Bab 6.
"Rumahmu masih tetap di sini."
"Ya, masih di sini," Elana menimpali. Seiring dengan ia yang melepaskan seatbelt dan membuka pintu mobil Arka.
"Kamu enggak heran kalau aku masih mengingatnya." Arka turut serta turun dari mobil dan menghampiri Elana yang telah berdiri di bibir gang. Jalan gang menuju rumah Elana cukup kecil, hanya muat satu mobil, namun masih bisa papasan motor. Makanya, Arka memilih memarkir mobilnya di depan toko di dekat gang itu.
Elana memang cukup keheranan karena hal kecil tentang letak rumahnya masih diingat Arka. Padahal sudah bertahun-tahun mereka tidak bertemu. Dulu, saat berkuliah, Arka memang acapkali mengantar Elana pulang, terlebih saat Elana harus pulang terlambat karena mengerjakan tugas lelaki itu.
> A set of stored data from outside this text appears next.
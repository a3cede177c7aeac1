//! Tasks that are shared by all who ask for them, and the cascade that drops those that nobody asks
//! for any longer.
#![tactic(auto)]

mod asker;
mod cascade;
mod idle;
mod place;
mod places;
mod room;
mod table;

pub use asker::{Asker, Askers, Wait};
pub use cascade::drops_unheld;
pub use table::{Table, table_in_order};
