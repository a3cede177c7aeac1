//! What a table keeps at a key.
ghost use Rattle.std.specs.Prelude.{◌≡◌, ◌<◌, ◌≤◌, ◌++◌, [], Some, None, IfSome, IfNone, true, map, length, is_some, vec_capacity};
ghost use Rattle.std.specs.Arc.{arc_value};
ghost use Rattle.std.specs.Option.{option_to_list};
ghost use Rattle.task_share.specs.Seen.{has_live};
ghost use Rattle.task_share.specs.Listed.{share_of, settled, released, is_idle, IsVacant};

use small_map::SmallMap;
use small_set::NumberSet;
use std::alloc::Global;
use std::hash::Hash;
use std::sync::Arc;

/// The place of a key: its task, whether it has not ended, who asks for it, and what it waits for:
/// keys by their numbers, with a pointer to each. A place may stand before its task does, as room.
///
/// The place holds its key until the key goes to the candidates, so that a key may become one
/// without memory. A place whose task was taken out with the key has neither; it is no room until
/// it is given the key anew.
pub struct Place<K: Eq + Hash + Drop, T: Drop> {
    pub task: Option<T>,
    pub live: bool,
    pub promises: NumberSet,
    pub askers: SmallMap<K>,
    pub waits: SmallMap<K>,
    pub name: Option<Arc<K>>,
}

// (One function for all places that drop one: a derived drop is written out at each.)
impl<K: Eq + Hash + Drop, T: Drop> Drop for Place<K, T> {
    fn drop(self) {
        let Place {
            task: _task,
            live: _,
            promises: _promises,
            askers: _askers,
            waits: _waits,
            name: _name,
        } = self;
    }
}

impl<K: Eq + Hash + Drop, T: Drop> Place<K, T> {
    /// The task with what it waits for, if there is one.
    pub fn into_task(self) -> Option<(T, SmallMap<K>)>
        ensures some { IfSome result
            (λ f. (self.task ≡ Some f.0) × (f.1.entries ≡ self.waits.entries)) }
        ensures none { IfNone result (self.task ≡ None) }
    {
        let Place {
            task,
            live: _,
            promises: _promises,
            askers: _askers,
            waits,
            name: _name,
        } = self;
        task.zip(Some(waits))
    }
}

/// Whether there is a task that has not ended.
pub fn is_running<K: Eq + Hash + Drop, T: Drop>(place: &Place<K, T>) -> bool
    ensures { result ≡ has_live (share_of place.now) }
{
    place.live
}

/// Whether there is a task that has not ended, and nobody asks for it.
pub fn is_unasked<K: Eq + Hash + Drop, T: Drop>(place: &Place<K, T>) -> bool
    ensures { result ≡ is_idle (share_of place.now) }
{
    is_running(place) && place.promises.is_empty() && place.askers.is_empty()
}

/// If nobody asks for the task, its key goes to the candidates. It takes no memory.
pub fn settle<K: Eq + Hash + Drop, T: Drop>(place: &mut Place<K, T>, candidates: &mut Vec<Arc<K>>)
    requires { is_some place.old.name ≡ true
        → length candidates.old.items < vec_capacity candidates.old }
    ensures place { share_of place.new ≡ settled (share_of place.old) }
    ensures candidates { map arc_value candidates.new.items
        ≡ map arc_value candidates.old.items ++ option_to_list (released (share_of place.old)) }
    ensures room { vec_capacity candidates.new ≡ vec_capacity candidates.old }
    ensures askers { place.new.askers ≡ place.old.askers }
    ensures waits { place.new.waits ≡ place.old.waits }
{
    if is_unasked(place) {
        if let Some(name) = place.name.take() {
            candidates.push_reserved(name);
        }
    }
}

/// A place without a task, an asker and a wait, which holds this key.
pub fn vacant<K: Eq + Hash + Drop, T: Drop>(alloc: Global, name: Option<Arc<K>>) -> Place<K, T>
    ensures vacant { IsVacant (share_of result) }
    ensures name { result.name ≡ name }
    ensures askers { result.askers.entries ≡ [] }
    ensures waits { result.waits.entries ≡ [] }
{
    Place {
        task: None,
        live: false,
        promises: NumberSet::new(alloc),
        askers: SmallMap::new(alloc),
        waits: SmallMap::new(alloc),
        name,
    }
}
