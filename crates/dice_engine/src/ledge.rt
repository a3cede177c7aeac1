//! What the turns of an engine put on its shelf.
ghost use Rattle.std.specs.Prelude.{◌≡◌, ◌≤◌, ◌<◌, ◌++◌, ℕ, [], map, length, take, reverse, Some, false, is_some, IfOk, IfSome, OnOk, OnErr, All};
ghost use Rattle.std.specs.Arc.{arc_value};
ghost use Rattle.std.specs.Option.{ForSome, ForNone, option_map};
ghost use Rattle.shelf.specs.Ops.{plain, commits_in, MayFollow};
ghost use Rattle.shelf.specs.Ends.{IsNewReader};
ghost use Rattle.shelf.specs.declared.op.Plain.{Plain};
ghost use Rattle.journal.specs.Tell.{told};
ghost use Rattle.dice_core.specs.Cores.{events_of};
ghost use Rattle.dice_engine.specs.Turns.{log_of};
ghost use Rattle.dice_engine.specs.Rows.{Finished, item_of, items_of, event_items, Keeps, Follows, IsBare, HasCome, IsFinished, AreFinished, IsTrueRow, Gives};

use crate::events::shared_pairs;
use dice_core::{Core, Polled};
use dice_key::{KeyRef, NoMemory, Seed, Universe, Version, laws_of};
use journal::Event;
use shelf::{Reader, ShelfOp, Shelver, Store, Told as News};
use std::alloc::{AllocFailed, Global};
use std::marker::Model;
use std::mem::ManuallyDrop;
use std::sync::{Arc, Wait};

/// What readers of a shelf could see when it ended.
pub(crate) type Published<U> = Box<Store<<U as Universe>::Key, <U as Universe>::Value>>;

/// The writing end of an engine's shelf, and how many events of the journal it has taken up. It
/// puts up a commit for each commit, and a row for each key that got a value.
pub(crate) struct Ledge<U: Universe> {
    pen: Shelver<U>,
    taken: usize,
    alloc: Global,
}

// Who drops it leaves the shelf to its readers, for good: only `end` can wait for them.
impl<U: Universe> Drop for Ledge<U> {
    fn drop(self) {
        let Ledge {
            pen,
            taken: _,
            alloc: _,
        } = self;
        // SAFETY: the writing end is never used again; its memory is not freed.
        let _left = unsafe { ManuallyDrop::new_unchecked(pen) };
    }
}

impl<U: Universe> Model for Ledge<U> {
    ghost use Rattle.dice_engine.specs.Rows.{LedgeView};

    ghost Value = { LedgeView U.Key U.Value };

    ghost view = { λ l. record { list = l.pen.list; published = l.pen.published; taken = l.taken } };
}

impl<U: Universe> Ledge<U> {
    /// An empty shelf, and so many readers of it.
    pub(crate) fn boxed<R: Wait>(
        rt: &R,
        alloc: Global,
        seed: Seed,
        readers: u32,
    ) -> Result<(Box<Ledge<U>>, Vec<Reader<U>>), NoMemory>
        requires { 0 < readers }
        ensures bare { IfOk result (λ t. IsBare t.0.value) }
        ensures readers { IfOk result
            (λ t. (length t.1.items ≡ readers) × All IsNewReader t.1.items) }
    {
        let (pen, ends) = Shelver::<U>::new(alloc, seed, readers)?;
        let ledge = Ledge {
            pen,
            taken: 0,
            alloc,
        };
        match Box::new(alloc, ledge) {
            Ok(ledge) => Ok((ledge, ends)),
            Err(AllocFailed { value }) => {
                drop(value.end(rt));
                Err(NoMemory)
            }
        }
    }

    /// What readers can see, for one that learns it.
    pub(crate) fn told(&mut self) -> News<U>
        ensures told { IfSome result (λ xs. xs ≡ self.old.published) }
        ensures same { self.new ≡ self.old }
    {
        self.pen.told()
    }

    /// Ends the shelf. It waits for readers that still look.
    pub(crate) fn end<R: Wait>(self, rt: &R) -> Published<U> {
        let Ledge {
            pen,
            taken: _,
            alloc: _,
        } = self;
        pen.end(rt)
    }

    /// Takes up the events that the journal has gained, in order, and shows what was put up.
    #[tactic(auto, using(crate::proofs::Shelved::all_begun, crate::proofs::Shelved::put_all))]
    fn follow<R: Wait>(&mut self, rt: &R, core: &Core<U>) -> Result<(), NoMemory>
        requires taken { self.old.taken ≤ length (events_of core.now) }
        requires list { map item_of self.old.list
            ≡ items_of (take self.old.taken (events_of core.now)) }
        requires published { self.old.published ≡ self.old.list }
        requires finished { AreFinished U.Key.eq U.meaning self.old.taken (events_of core.now) }
        ensures ok { OnOk result ((map item_of self.new.list ≡ items_of (events_of core.now))
            × (self.new.published ≡ self.new.list)
            × (self.new.taken ≡ length (events_of core.now))) }
        ensures begun { map item_of self.new.list
            ≡ take (length self.new.list) (items_of (events_of core.now)) }
    {
        core.in_order();
        let journal = core.journal();
        let mut gained = false;
        for index in self.taken..journal.len() {
            if self.put(core, journal.event(index))? {
                gained = true;
            }
        }
        self.taken = journal.len();
        if gained {
            self.pen.publish(rt)?;
        }
        Ok(())
    }

    /// Puts up what an event has for the shelf, if anything, and answers whether it did.
    fn put(&mut self, core: &Core<U>, event: &Event<U::Key, U::Value>) -> Result<bool, NoMemory>
        requires finished { IsFinished U.Key.eq U.meaning (reverse (events_of core.now))
            (told event.now) }
        requires may { (x : Plain U.Key U.Value)
            → Gives U.Key.eq U.meaning (log_of (events_of core.now)) (told event.now) (Some x)
            → MayFollow U.Key.eq U.meaning (commits_in self.old.list) x }
        ensures ok { OnOk result
            (map item_of self.new.list ≡ map item_of self.old.list ++ event_items (told event.now)) }
        ensures none { IfOk result (λ b. b ≡ false → self.new.list ≡ self.old.list) }
        ensures err { OnErr result (self.new ≡ self.old) }
        ensures same { self.new ≡ record self.old { list = self.new.list } }
    {
        let Some(op) = operation(self.alloc, core, event)? else {
            return Ok(false);
        };
        self.pen.append(op)?;
        Ok(true)
    }
}

/// What an event has for the shelf: a commit its changes, and the finish of a key the row of its
/// value.
fn operation<U: Universe>(
    alloc: Global,
    core: &Core<U>,
    event: &Event<U::Key, U::Value>,
) -> Result<Option<ShelfOp<U::Key, U::Value>>, NoMemory>
    requires { IsFinished U.Key.eq U.meaning (reverse (events_of core.now)) (told event.now) }
    ensures { IfOk result (λ o. Gives U.Key.eq U.meaning (log_of (events_of core.now))
        (told event.now) (option_map plain o)) }
{
    match event {
        Event::Commit(_, changes) => Ok(Some(ShelfOp::Commit(Arc::new(
            alloc,
            shared_pairs(alloc, changes)?,
        )?))),
        Event::Keep(version, key, _) | Event::End(version, key) => {
            Ok(Some(row(core, *version, key)?))
        }
        Event::Open(_, _)
        | Event::Close(_, _)
        | Event::Ask(_, _, _)
        | Event::Leave(_, _)
        | Event::Start(_, _, _)
        | Event::Cyclic(_, _)
        | Event::Drop(_, _)
        | Event::Lost(_, _) => Ok(None),
    }
}

/// The row of a key that has a value at a version.
fn row<U: Universe>(
    core: &Core<U>,
    version: Version,
    key: &KeyRef<U>,
) -> Result<ShelfOp<U::Key, U::Value>, NoMemory>
    requires { HasCome U.Key.eq U.meaning (reverse (events_of core.now)) version
        (arc_value key.now) }
    ensures item { IfOk result (λ o. item_of (plain o) ≡ Finished version (arc_value key.now)) }
    ensures true_row { IfOk result
        (λ o. IsTrueRow U.Key.eq U.meaning (log_of (events_of core.now)) (plain o)) }
{
    let Polled::Value(value) = core.poll(version, key) else {
        unreachable!()
    };
    Ok(ShelfOp::Row(version, Arc::try_clone(key)?, Arc::try_clone(value)?))
}

/// The shelf, if there is one, takes up what the core's journal has gained. The answer is the mark
/// from now on: 1 once there was no memory for some of it.
pub(crate) fn shelve<U: Universe, R: Wait>(
    rt: &R,
    shelf: &mut Option<Box<Ledge<U>>>,
    mark: u64,
    core: &Core<U>,
) -> u64
    requires { ForSome shelf.old (λ b. Follows (events_of core.now) mark b.value) }
    ensures keeps { ForSome shelf.new (λ b. Keeps (events_of core.now) result b.value) }
    ensures none { ForNone shelf.old (result ≡ mark) }
    ensures same { is_some shelf.new ≡ is_some shelf.old }
{
    let Some(ledge) = shelf else {
        return mark;
    };
    if mark != 0 {
        return mark;
    }
    laws_of::<U>();
    core.in_order();
    match ledge.follow(rt, core) {
        Ok(()) => 0,
        Err(NoMemory) => 1,
    }
}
Arka memang sudah sebaik itu sejak dulu. Baik dan menyebalkan adalah perpaduan yang serasi untuk Arka.
"Sedikit," balas Elana. "Terima kasih sudah mengantarku," sambungnya.
Seusai makan malam bersama di rumah kakek Arka dan keputusan untuk mengadakan pertunangan secara sederhana, Arka langsung mengajak Elana pulang. Untuk hari pernikahannya akan ditentukan saat pertunangan mendatang. Semuanya akan disusun secepat mungkin.
Saat Elana akan berjalan menjauhinya, Arka menahan lengan perempuan itu. "Tunggu sebentar," katanya.
Arka segera membuka pintu mobil belakang, mengambil sebuah kotak berisi kue-kue, dan memberikannya pada Elana. Tidak sampai di sana dia pun mengambil keranjang buah yang dia pegang sendiri.
Elana menatap tidak mengerti pada kotak di tangannya. "Ini apa?"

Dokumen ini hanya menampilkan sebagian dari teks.